L’après-midi se passe, de nouveau seul car Erwan était reparti plus vite que moi. Je m’arrête dans un cimetière pour y faire une sieste et m’arroser un peu. Ce grand fou d’Hadrien débarque avec sa clique, également pour boire et se rafraîchir. Il remplit plusieurs arrosoirs qu’il déverse sur lui. Excellent ! Je dors une petite heure, je me réveille avec plein de petites plantes qui s’accrochent dans le dos. Je perds bien cinq minutes à tout enlever. A peine 10 km plus loin, je m’arrête de nouveau dans une boutique pour acheter à manger. Je demande à la vendeuse « Est ce que je peux rentrer mon vélo dans le magasin ? » « non ». « ok merci ». J’étais dans une ville, Uzès, à une heure de pointe, vers 18h. J’étais pas rassuré. Mais rien ne s’est passé, heureusement. Je mange quelques tranches de poulet, une bouteille de jus de fruit et c’est reparti. 

Trente minutes plus tard, j’arrive à Saint-Victor-La-Coste, je vois un restaurant, encore une fois je m’y arrête. Je bois un verre avec de nouveaux amis et je me mets à la recherche d’une chambre pour dormir le soir. Il n’y avait pas grand chose sur les plateformes de réservations. Je décide de demander au patron du bar, on sait jamais! Il me conseille d’aller voir un gite qu’il y avait en face. Le monsieur ouvre directement mais me dit qu’il est complet. Il m’aide cependant à trouver autre chose. Un hôtel dans le village d’après ? J’appelle, c’est dispo, je donne des infos pour réserver. J’ai la lucidité de demander si je pouvais monter le vélo dans la chambre. Il me répond catégoriquement « non, le vélo reste dehors. » Ok lol, bah annulez ma réservation. 

Je retourne au bar pour y manger cette fois, le patron revient vers moi. « Tu as trouvé ? Non… » Une dame vient alors me voir, me demande ce que je fais et me propose de m’aider pour trouver un endroit où dormir. Après deux coups de fil, elle me dégote une chambre dans un gite, pile dans le village. Quelle chance incroyable ! Je fini mon repas, un café gourmand et une salade fruit et fonce vers ce gite.
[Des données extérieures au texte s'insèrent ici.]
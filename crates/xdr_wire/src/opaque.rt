//! Opaque data, of fixed and of any length (RFC 4506, sections 4.9 and 4.10).
ghost use Rattle.std.specs.Prelude.{◌≡◌, ◌<◌, ◌≤◌, ◌↔◌, length, IfSome, IsNone};

use crate::fault::XdrFault;
use crate::reader::Reader;
use crate::wire::{Spell, Wire};
use crate::writer::{Full, Writer};
use std::alloc::Allocator;

/// Opaque data or a string of at most `MAX` bytes (RFC 4506, sections 4.10 and 4.11), borrowed. The type carries the
/// bound, which makes each value writable.
#[derive(Clone, Copy, Debug)]
pub struct Opaque<'a, const MAX: u32> {
    pub bytes: &'a [u8],
    ghost within: { length bytes.now ≤ MAX },
}

impl<'a, const MAX: u32> Opaque<'a, MAX> {
    /// The bytes as an item. `None`: they are more than `MAX`.
    pub fn new(bytes: &'a [u8]) -> Option<Self>
        ensures same { IfSome result (λ item. item.bytes.now ≡ bytes.now) }
        ensures none { IsNone result ↔ (MAX < length bytes.now) }
    {
        if bytes.len() > MAX as usize {
            return None;
        }
        Some(Opaque { bytes })
    }
}

impl<'a, const MAX: u32> Spell for Opaque<'a, MAX> {
    ghost use Rattle.std.specs.Prelude.{None};
    ghost use Rattle.xdr_wire.specs.Xdr.{opaque};

    ghost form = { opaque MAX };

    ghost view = { λ item. item.bytes.now };

    ghost normal = { None };

    fn write<A: Allocator>(self, writer: &mut Writer<A>) -> Result<(), Full> {
        let _bound = MAX as usize;
        writer.put_opaque(self.bytes)
    }
}

impl<'a, const MAX: u32> Wire<'a> for Opaque<'a, MAX> {
    fn read(reader: &mut Reader<'a>) -> Result<Self, XdrFault> {
        let bytes = reader.opaque(MAX as usize)?;
        Ok(Opaque { bytes })
    }
}

/// Opaque data of `N` bytes (section 4.9).
impl<const N: usize> Spell for [u8; N] {
    ghost use Rattle.std.specs.Prelude.{None};
    ghost use Rattle.xdr_wire.specs.Xdr.{fixed};

    ghost form = { fixed N };

    ghost view = { λ bytes. bytes };

    ghost normal = { None };

    fn write<A: Allocator>(self, writer: &mut Writer<A>) -> Result<(), Full> {
        writer.put_fixed(&self)
    }
}

impl<'a, const N: usize> Wire<'a> for [u8; N] {
    fn read(reader: &mut Reader<'a>) -> Result<Self, XdrFault> {
        let item = reader.fixed(N)?;
        let mut bytes = [0; N];
        bytes.copy_from_slice(item);
        Ok(bytes)
    }
}
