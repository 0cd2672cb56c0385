//! Numbers and booleans (RFC 4506, sections 4.1 to 4.5).
use crate::fault::XdrFault;
use crate::reader::Reader;
use crate::wire::{Spell, Wire};
use crate::writer::{Full, Writer};
use std::alloc::Allocator;

/// void (RFC 4506, section 4.16)
impl Spell for () {
    ghost use Rattle.std.specs.Prelude.{None};
    ghost use Rattle.xdr_wire.specs.Xdr.{void};

    ghost form = { void };

    ghost view = { λ v. v };

    ghost normal = { None };

    fn write<A: Allocator>(self, _writer: &mut Writer<A>) -> Result<(), Full> {
        Ok(())
    }
}

impl<'a> Wire<'a> for () {
    fn read(_reader: &mut Reader<'a>) -> Result<Self, XdrFault> {
        Ok(())
    }
}

/// unsigned int (section 4.2)
impl Spell for u32 {
    ghost use Rattle.std.specs.Prelude.{None};
    ghost use Rattle.xdr_wire.specs.Xdr.{uint};

    ghost form = { uint };

    ghost view = { λ n. n };

    ghost normal = { None };

    fn write<A: Allocator>(self, writer: &mut Writer<A>) -> Result<(), Full> {
        writer.put_u32(self)
    }
}

impl<'a> Wire<'a> for u32 {
    fn read(reader: &mut Reader<'a>) -> Result<Self, XdrFault> {
        reader.u32()
    }
}

/// unsigned hyper (section 4.5)
impl Spell for u64 {
    ghost use Rattle.std.specs.Prelude.{None};
    ghost use Rattle.xdr_wire.specs.Xdr.{hyper};

    ghost form = { hyper };

    ghost view = { λ n. n };

    ghost normal = { None };

    fn write<A: Allocator>(self, writer: &mut Writer<A>) -> Result<(), Full> {
        writer.put_u64(self)
    }
}

impl<'a> Wire<'a> for u64 {
    fn read(reader: &mut Reader<'a>) -> Result<Self, XdrFault> {
        reader.u64()
    }
}

/// hyper (section 4.5)
impl Spell for i64 {
    ghost use Rattle.std.specs.Prelude.{None};
    ghost use Rattle.xdr_wire.specs.Xdr.{signed_hyper};

    ghost form = { signed_hyper };

    ghost view = { λ z. z };

    ghost normal = { None };

    fn write<A: Allocator>(self, writer: &mut Writer<A>) -> Result<(), Full> {
        writer.put_i64(self)
    }
}

impl<'a> Wire<'a> for i64 {
    fn read(reader: &mut Reader<'a>) -> Result<Self, XdrFault> {
        reader.i64()
    }
}

/// bool (section 4.4)
impl Spell for bool {
    ghost use Rattle.std.specs.Prelude.{None};
    ghost use Rattle.xdr_wire.specs.Xdr.{boolean};

    ghost form = { boolean };

    ghost view = { λ b. b };

    ghost normal = { None };

    fn write<A: Allocator>(self, writer: &mut Writer<A>) -> Result<(), Full> {
        writer.put_bool(self)
    }
}

impl<'a> Wire<'a> for bool {
    fn read(reader: &mut Reader<'a>) -> Result<Self, XdrFault> {
        reader.boolean()
    }
}
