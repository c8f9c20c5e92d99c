// Refusal numbers and their order: a call tests for each of its refusals in turn, and gives the first.
#![tactic(auto)]

ghost use Rattle.std.specs.Prelude.{◌≡◌, ◌&&◌, ◌*◌};
ghost use Rattle.meaning.specs.Plain.{when◌then◌else◌, ◌=?◌};
ghost use Rattle.meaning.specs.Numbers.{ranges_hold, kind_in_range, octets, per_entry, words_in, bit_words, splits_hold};
ghost use Rattle.leaf_refusal.specs.Refusals.{number_of, given_number};

use meaning::{PATHS, WORDS_PER_CONNECTION};

// Why a call was refused, each with its number. (10, 14 and 17 are those of a trace's records, of writing and of salvage.)
#[derive(Clone, Copy, PartialEq, Eq)]
pub enum Refusal {
    Ranges = 1,
    Lengths = 2,
    Stored = 3,
    Name = 4,
    AlreadyOpen = 5,
    Rules = 6,
    NotOpen = 7,
    NotYet = 8,
    CellSize = 9,
    SecondBucket = 11,
    OutOfOrder = 12,
    LineKind = 13,
    Share = 15,
    Operator = 16,
}

impl From<Refusal> for u16 {
    ghost from_gives = { λ why number. number ≡ number_of why };

    fn from(why: Refusal) -> u16 {
        why as u16
    }
}

// A call's line for one refusal, with a `?` behind it.
pub fn refuse_unless(holds: bool, why: Refusal) -> Result<(), Refusal>
    ensures { result ≡ (when holds then Ok tt else Err why) }
{
    if holds { Ok(()) } else { Err(why) }
}

// The number that a call answers: 0 where nothing is refused.
pub fn given_number(judged: Result<(), Refusal>) -> u16
    ensures { result ≡ given_number judged }
{
    match judged {
        Ok(()) => 0,
        Err(why) => u16::from(why),
    }
}

// Refusal 1: "N cell spaces, 1 to 1,024"; "V, 2 to 1,024".
pub fn ranges_hold(n: u16, v: u16) -> bool
    ensures { result ≡ ranges_hold n v }
{
    (1..=1024).contains(&n) && (2..=1024).contains(&v)
}

// Refusal 1 too: a split VCI is 1 to V-1, a split path number 1 to 255.
pub fn splits_hold(v: u16, splitvci: u16, splitpath: u16) -> bool
    ensures { result ≡ splits_hold v splitvci splitpath }
{
    (1..v).contains(&splitvci) && (1..PATHS).contains(&splitpath)
}

// Refusal 13: the line kind is 0, UNI, or 1, NNI.
pub fn kind_fits(kind: u16) -> bool
    ensures { result ≡ kind_in_range kind }
{
    kind <= 1
}

// "7 × V words": with a second bucket and the path records after the V records, 12 × (V + 256).
pub fn words_in(v: u16) -> usize
    ensures { result ≡ words_in v }
{
    WORDS_PER_CONNECTION * (usize::from(v) + usize::from(PATHS))
}

// Refusal 2: "53 × N octets of cells; N links; 2 × N calendar numbers; 7 × V words", of which document 02 made 12 × (V + 256); and its
// words of bits, 16 of spaces and 16 of entries, and its N arrival slots.
pub fn lengths_hold(
    n: u16,
    v: u16,
    cells: usize,
    links: usize,
    calendar: usize,
    words: usize,
    bits: usize,
    arrived: usize,
) -> bool
    ensures { result ≡ (cells =? octets * n && links =? n && calendar =? per_entry * n && words =? words_in v && bits =? bit_words && arrived =? n) }
{
    let n = usize::from(n);
    cells == 53 * n
        && links == n
        && calendar == 2 * n
        && words == words_in(v)
        && bits == 32
        && arrived == n
}
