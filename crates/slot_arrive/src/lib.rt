// Steps 2 and 3 of a slot, up to the words of connections: what is read and decided, before anything is written.
#![tactic(auto)]

ghost use Rattle.std.specs.Prelude.{◌≡◌, true, false, ◌%◌, ◌≤◌, ◌<◌, length, get_or};
ghost use Rattle.meaning.specs.Numbers.{nothing, excess, unknown, waiting_place, most_v, words_in};
ghost use Rattle.meaning.specs.State.{HasConnection};
ghost use Rattle.meaning.specs.Header.{header_at, clp_in};
ghost use Rattle.meaning.specs.Bucket.{with_s};
ghost use Rattle.meaning.specs.Words.{connection_at};
ghost use Rattle.leaf_header.specs.Name.{Reads};
ghost use Rattle.slot_arrive.specs.Arrival.{connection_now, brought_of, judged_as, judged_connection, cell_name, judged_name, fallen, filled, one_less};
ghost use Rattle.slot_arrive.specs.Both.{Peaked, Within, SecondIn, brought_both, let_in_as, judged_peak, judged_second, judged_both};

use meaning::{
    AT_C, AT_F, AT_LAST, AT_M, AT_S, AT_SECOND_C, AT_SECOND_F, AT_SECOND_M, AT_SECOND_S, AT_TAG,
    AT_WAITING, WORDS_PER_CONNECTION,
};

// What step 2 has to write, with the clock: S of a connection's bucket as it has fallen, and that of its second bucket.
#[derive(Clone, Copy)]
pub struct Fall {
    pub s: u32,
    pub second: u32,
}

// What step 3 found.
#[derive(Clone, Copy)]
pub struct Judged {
    pub verdict: u16,
    pub vci: u16,
    pub d: u16,
    pub s: u32,
    pub waiting: u32,
    pub second: u32,
}

// S of a connection's bucket as it has fallen to slot t.
pub fn peak_now(words: &[u32], vci: u16, t: u32) -> u32
    requires { (HasConnection vci words.now) × ((connection_at words.now vci).bucket.m ≤ 15) }
    ensures { result ≡ (connection_now t (connection_at words.now vci)).bucket.S }
{
    let b = WORDS_PER_CONNECTION * (vci as usize);
    leaf_bucket::fallen_to(words[b + AT_S], words[b + AT_M], words[b + AT_LAST], t)
}

// The same of its second bucket.
fn second_now(words: &[u32], vci: u16, t: u32) -> u32
    requires { (HasConnection vci words.now) × ((connection_at words.now vci).second.m ≤ 15) }
    ensures { result ≡ (connection_now t (connection_at words.now vci)).second.S }
{
    let b = WORDS_PER_CONNECTION * (vci as usize);
    leaf_bucket::fallen_to(
        words[b + AT_SECOND_S],
        words[b + AT_SECOND_M],
        words[b + AT_LAST],
        t,
    )
}

// Step 2 of an open connection that has a second bucket; None where that is out of its range.
pub fn bring_both(words: &[u32], vci: u16, t: u32, s: u32) -> Option<Fall>
    requires { HasConnection vci words.now }
    ensures { result ≡ brought_both t (connection_at words.now vci) s }
{
    if !mem_words::second_fits(words, vci) {
        return None;
    }
    let second = second_now(words, vci, t);
    Some(Fall { s, second })
}

// Step 2: the connection that rotation names, brought up to date to slot t. None where a number that is read is out of its range,
// which refuses the slot; Some(None) where nothing falls: numbers 0 and V are no connection's. Without a second bucket there is nothing
// to fall in it.
pub fn bring(n: u16, v: u16, words: &[u32], vci: u16, t: u32) -> Option<Option<Fall>>
    requires { HasConnection vci words.now }
    ensures { result ≡ brought_of n v t words.now vci }
{
    if vci == 0 {
        return Some(None);
    }
    if vci == v {
        return Some(None);
    }
    let o = words[WORDS_PER_CONNECTION * (vci as usize)];
    if o == 0 {
        return Some(None);
    }
    if o == 1 {
        if mem_words::bucket_fits(n, words, vci) {
            let s = peak_now(words, vci, t);
            if mem_words::none_second(words, vci) {
                return Some(Some(Fall { s, second: 0 }));
            }
            let both = bring_both(words, vci, t, s)?;
            return Some(Some(both));
        }
    }
    None
}

pub fn no_cell() -> Judged
    ensures { result ≡ judged_as nothing 0 0 0 0 0 }
{
    Judged {
        verdict: 0,
        vci: 0,
        d: 0,
        s: 0,
        waiting: 0,
        second: 0,
    }
}

pub fn no_connection(vci: u16) -> Judged
    ensures { result ≡ judged_as unknown vci 0 0 0 0 }
{
    Judged {
        verdict: 3,
        vci,
        d: 0,
        s: 0,
        waiting: 0,
        second: 0,
    }
}

// A cell of this connection is above a rate: what is in the buckets stays.
fn above(vci: u16, s: u32, second: u32) -> Judged
    ensures { result ≡ judged_as excess vci 0 s 0 second }
{
    Judged {
        verdict: 2,
        vci,
        d: 0,
        s,
        waiting: 0,
        second,
    }
}

// A cell within the peak is let in with this verdict: s is in the bucket before it, second in the second bucket after it.
fn let_in(n: u16, words: &[u32], vci: u16, verdict: u16, s: u32, second: u32) -> Option<Judged>
    requires { Within n words.now vci s }
    ensures { result ≡ let_in_as n verdict vci (with_s (connection_at words.now vci).bucket s) (connection_at words.now vci).waiting second }
{
    let b = WORDS_PER_CONNECTION * (vci as usize);
    let waiting = words[b + AT_WAITING];
    if waiting < n as u32 {
        let full = s + words[b + AT_F];
        let d = leaf_bucket::delay_of(s, words[b + AT_M]) as u16;
        return Some(Judged {
            verdict,
            vci,
            d,
            s: full,
            waiting: waiting + 1,
            second,
        });
    }
    None
}

// Step 3 at an open connection without a second bucket, s being in its bucket.
pub fn judge_peak(n: u16, words: &[u32], vci: u16, s: u32) -> Option<Judged>
    requires { Peaked n words.now vci }
    ensures { result ≡ judged_peak n vci (with_s (connection_at words.now vci).bucket s) (connection_at words.now vci).waiting }
{
    let b = WORDS_PER_CONNECTION * (vci as usize);
    if words[b + AT_C] - words[b + AT_F] < s {
        return Some(above(vci, s, 0));
    }
    let_in(n, words, vci, 1, s, 0)
}

// Step 3 of a CLP 0 cell within the peak, s and second being in the buckets.
fn judge_second(n: u16, words: &[u32], vci: u16, s: u32, second: u32) -> Option<Judged>
    requires within { Within n words.now vci s }
    requires second_in { SecondIn words.now vci }
    ensures { result ≡ judged_second n vci s second (connection_at words.now vci) }
{
    let b = WORDS_PER_CONNECTION * (vci as usize);
    let f = words[b + AT_SECOND_F];
    if words[b + AT_SECOND_C] - f < second {
        if words[b + AT_TAG] == 0 {
            return Some(above(vci, s, second));
        }
        return let_in(n, words, vci, 5, s, second);
    }
    let filled = second + f;
    let_in(n, words, vci, 1, s, filled)
}

// Step 3 at an open connection with a second bucket, of a cell with this CLP, s being in its bucket.
pub fn judge_both(n: u16, words: &[u32], vci: u16, t: u32, clp: u8, s: u32) -> Option<Judged>
    requires { Peaked n words.now vci }
    ensures { result ≡ judged_both n t vci clp s (connection_at words.now vci) }
{
    if !mem_words::second_fits(words, vci) {
        return None;
    }
    let second = second_now(words, vci, t);
    let b = WORDS_PER_CONNECTION * (vci as usize);
    if words[b + AT_C] - words[b + AT_F] < s {
        return Some(above(vci, s, second));
    }
    if clp == 0 {
        return judge_second(n, words, vci, s, second);
    }
    let_in(n, words, vci, 1, s, second)
}

// CLP of a cell: the low bit of octet 4.
pub fn clp_of(cell: &[u8]) -> u8
    requires { 4 ≤ length cell.now }
    ensures { result ≡ clp_in cell.now }
{
    cell[3] % 2
}

// Step 3 at the connection vci, of a cell with this name. The cell's CLP is read only where the connection has a second bucket.
#[inline(always)]
pub fn judge_connection(
    n: u16,
    words: &[u32],
    vci: u16,
    name: u32,
    t: u32,
    cell: &[u8],
) -> Option<Judged>
    requires { (HasConnection vci words.now) × (4 ≤ length cell.now) }
    ensures { result ≡ judged_connection n t words.now (name % 65536) vci (clp_in cell.now) }
{
    let o = words[WORDS_PER_CONNECTION * (vci as usize)];
    if o == 0 {
        return Some(no_connection((name % 65536) as u16));
    }
    if o == 1 {
        if mem_words::bucket_fits(n, words, vci) {
            let s = peak_now(words, vci, t);
            if mem_words::none_second(words, vci) {
                return judge_peak(n, words, vci, s);
            }
            let clp = clp_of(cell);
            return judge_both(n, words, vci, t, clp, s);
        }
    }
    None
}

// VPI and VCI of a cell of 0 or 53 octets as one number; 0 where there is none.
pub fn name_of(cell: &[u8], kind: u16) -> u32
    requires { (length cell.now ≡ 0 → ⊥) → length cell.now ≡ 53 }
    ensures name { result ≡ cell_name kind cell.now }
    ensures reads { (length cell.now ≡ 0 → ⊥) → Reads kind (header_at kind cell.now 0) result }
{
    if cell.len() == 0 {
        return 0;
    }
    leaf_header::name_at(cell, 0, kind)
}

// Step 3 of a cell with this name. Apart from the name's reading, so that each of the two is laid into both of its users.
#[inline(always)]
pub fn judge(n: u16, v: u16, words: &[u32], name: u32, t: u32, cell: &[u8]) -> Option<Judged>
    requires { (words_in v ≡ length words.now) × (v ≤ most_v) × ((name ≡ 0 → ⊥) → length cell.now ≡ 53) }
    ensures { result ≡ judged_name n v t words.now name (clp_in cell.now) }
{
    if name == 0 {
        return Some(no_cell());
    }
    let vci = leaf_header::number_for(v, name);
    if vci != 0 {
        return judge_connection(n, words, vci, name, t, cell);
    }
    if name == 4294967295 {
        return None;
    }
    Some(no_connection((name % 65536) as u16))
}

// Writes of both S and last, where on. Who holds a `Fall` calls `put_fallen`.
#[tactic(auto, unfolding(crate::specs::Arrival::fallen))]
pub fn put_fall(words: &mut [u32], on: bool, vci: u16, s: u32, second: u32, t: u32)
    requires { on ≡ true → HasConnection vci words.old }
    ensures { words.new ≡ fallen on vci s second t words.old }
{
    if on {
        put_fallen(words, vci, s, second, t);
    }
}

// Writes of both S and last.
#[tactic(auto, unfolding(crate::specs::Arrival::fallen))]
pub fn put_fallen(words: &mut [u32], vci: u16, s: u32, second: u32, t: u32)
    requires { HasConnection vci words.old }
    ensures { words.new ≡ fallen true vci s second t words.old }
{
    let b = WORDS_PER_CONNECTION * (vci as usize);
    words[b + AT_S] = s;
    words[b + AT_LAST] = t;
    words[b + AT_SECOND_S] = second;
}

// The words of the connection of a cell that is let in.
pub fn put_fill(words: &mut [u32], vci: u16, s: u32, second: u32, t: u32, waiting: u32)
    requires { HasConnection vci words.old }
    ensures { words.new ≡ filled vci s second t waiting words.old }
{
    let b = WORDS_PER_CONNECTION * (vci as usize);
    words[b + AT_S] = s;
    words[b + AT_LAST] = t;
    words[b + AT_WAITING] = waiting;
    words[b + AT_SECOND_S] = second;
}

// Waiting of a connection falls by one.
#[inline(always)]
pub fn put_less(words: &mut [u32], vci: u16)
    requires { (HasConnection vci words.old) × (1 ≤ get_or words.old (waiting_place vci) 0) }
    ensures { words.new ≡ one_less vci words.old }
{
    let b = WORDS_PER_CONNECTION * (vci as usize);
    words[b + AT_WAITING] = words[b + AT_WAITING] - 1;
}
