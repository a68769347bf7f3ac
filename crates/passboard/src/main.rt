//! Makes a board, and answers the calls that it reads from standard input, one to a line.

#![tactic(auto)]

ghost use Rattle.std.specs.Prelude.{◌≡◌, Ok, OnOk};
ghost use Rattle.refusal.specs.Rules.{verdict};
ghost use Rattle.accumulator.specs.Window.{eager_rules};
ghost use Rattle.board.specs.Entry.{board_rules};

mod arguments;

use crate::arguments::{Keeping, Kind, Options, command, options_of};
use accumulator::{Accumulator, Eager, KEPT, Lazy};
use anyhow::Context;
use board::Board;
use commandline::{asked, in_words, words};
use desk::{Measured, answer_lines};
use joining::{CoilRecord, Extremes, Joining, Length, Marks, Toggles};
use refusal::Refusal;
use std::io::BufReader;

/// Whether a board and its accumulator can be made, of whatever kind.
fn tried(first: u8, limit: usize) -> Result<(), Refusal>
    ensures first { OnOk result (verdict (board_rules first) ≡ Ok tt) }
    ensures limit { OnOk result (verdict (eager_rules limit) ≡ Ok tt) }
{
    Board::<Eager<Length>>::trial(first)?;
    Eager::<Length>::trial(limit)?;
    Ok(())
}

/// Answers all lines on a board with the accumulator.
fn talk<V: Measured, A: Accumulator<Value = V> + Drop>(
    rt: &HostRuntime,
    options: &Options,
    accumulator: A,
) -> anyhow::Result<()>
    requires { verdict (board_rules options.now.first) ≡ Ok tt }
{
    let mut board = Board::new(options.first, options.mode, accumulator);
    let mut lines = BufReader::new(rt.alloc(), rt.stdin())?;
    let (mut answers, mut complaints) = (rt.stdout(), rt.stderr());
    answer_lines(
        rt.alloc(),
        &mut board,
        options.strict,
        &mut lines,
        &mut answers,
        &mut complaints,
    )?;
    Ok(())
}

/// The same with cells of each station and kept pass.
fn talk_lazily<V: Measured + Joining>(rt: &HostRuntime, options: &Options) -> anyhow::Result<()>
    requires { verdict (board_rules options.now.first) ≡ Ok tt }
{
    let count = KEPT.saturating_mul(options.limit);
    let mut cells = vec![in rt.alloc(); V::neutral(); count]?;
    if let Err(refusal) = Lazy::trial(options.limit, cells.as_slice()) {
        return Err(in_words(refusal));
    }
    let accumulator = Lazy::new(options.limit, cells.as_mut_slice());
    talk(rt, options, accumulator)
}

/// Answers all lines on the board that the options ask for.
fn serve(rt: &HostRuntime, options: &Options) -> anyhow::Result<()>
    requires first { verdict (board_rules options.now.first) ≡ Ok tt }
    requires limit { verdict (eager_rules options.now.limit) ≡ Ok tt }
{
    let limit = options.limit;
    match options.keeping {
        Keeping::Eager => match options.kind {
            Kind::Coil => talk(rt, options, Eager::<CoilRecord>::new(limit)),
            Kind::Length => talk(rt, options, Eager::<Length>::new(limit)),
            Kind::Marks => talk(rt, options, Eager::<Marks>::new(limit)),
            Kind::Toggles => talk(rt, options, Eager::<Toggles>::new(limit)),
            Kind::Extremes => talk(rt, options, Eager::<Extremes>::new(limit)),
        },
        Keeping::Lazy => match options.kind {
            Kind::Coil => talk_lazily::<CoilRecord>(rt, options),
            Kind::Length => talk_lazily::<Length>(rt, options),
            Kind::Marks => talk_lazily::<Marks>(rt, options),
            Kind::Toggles => talk_lazily::<Toggles>(rt, options),
            Kind::Extremes => talk_lazily::<Extremes>(rt, options),
        },
    }
}

fn main(rt: HostRuntime) -> anyhow::Result<()> {
    let words = words(&rt)?;
    let Some(matches) = asked(&rt, command(rt.alloc())?, words.as_slice())? else {
        return Ok(());
    };
    let options = options_of(&matches).context("an option has no value")?;
    match tried(options.first, options.limit) {
        Ok(()) => serve(&rt, &options),
        Err(refusal) => Err(in_words(refusal)),
    }
}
J’y retrouve une adorable dame, qui me présente la chambre et tout. Il n’y avait qu’un petit soucis, je n’avais que 40 € en liquide sur moi et elle voulait 70 €. Elle accepte de me faire confiance, que je lui enverrai un chèque plus tard. Adorable !! 

-> Masduvieuxchemin.com

Une super douche, une soirée au calme, un lit… quel bonheur de retrouver tout ça !! Je ne traîne pas trop pour me mettre au lit, il était déjà 22 heures. Je venais de faire la journée la moins productive de l’univers. A peine 140 km parcourus en 14 heures. J’ai passé plus de temps à rigoler et manger tranquillement qu’à pédaler !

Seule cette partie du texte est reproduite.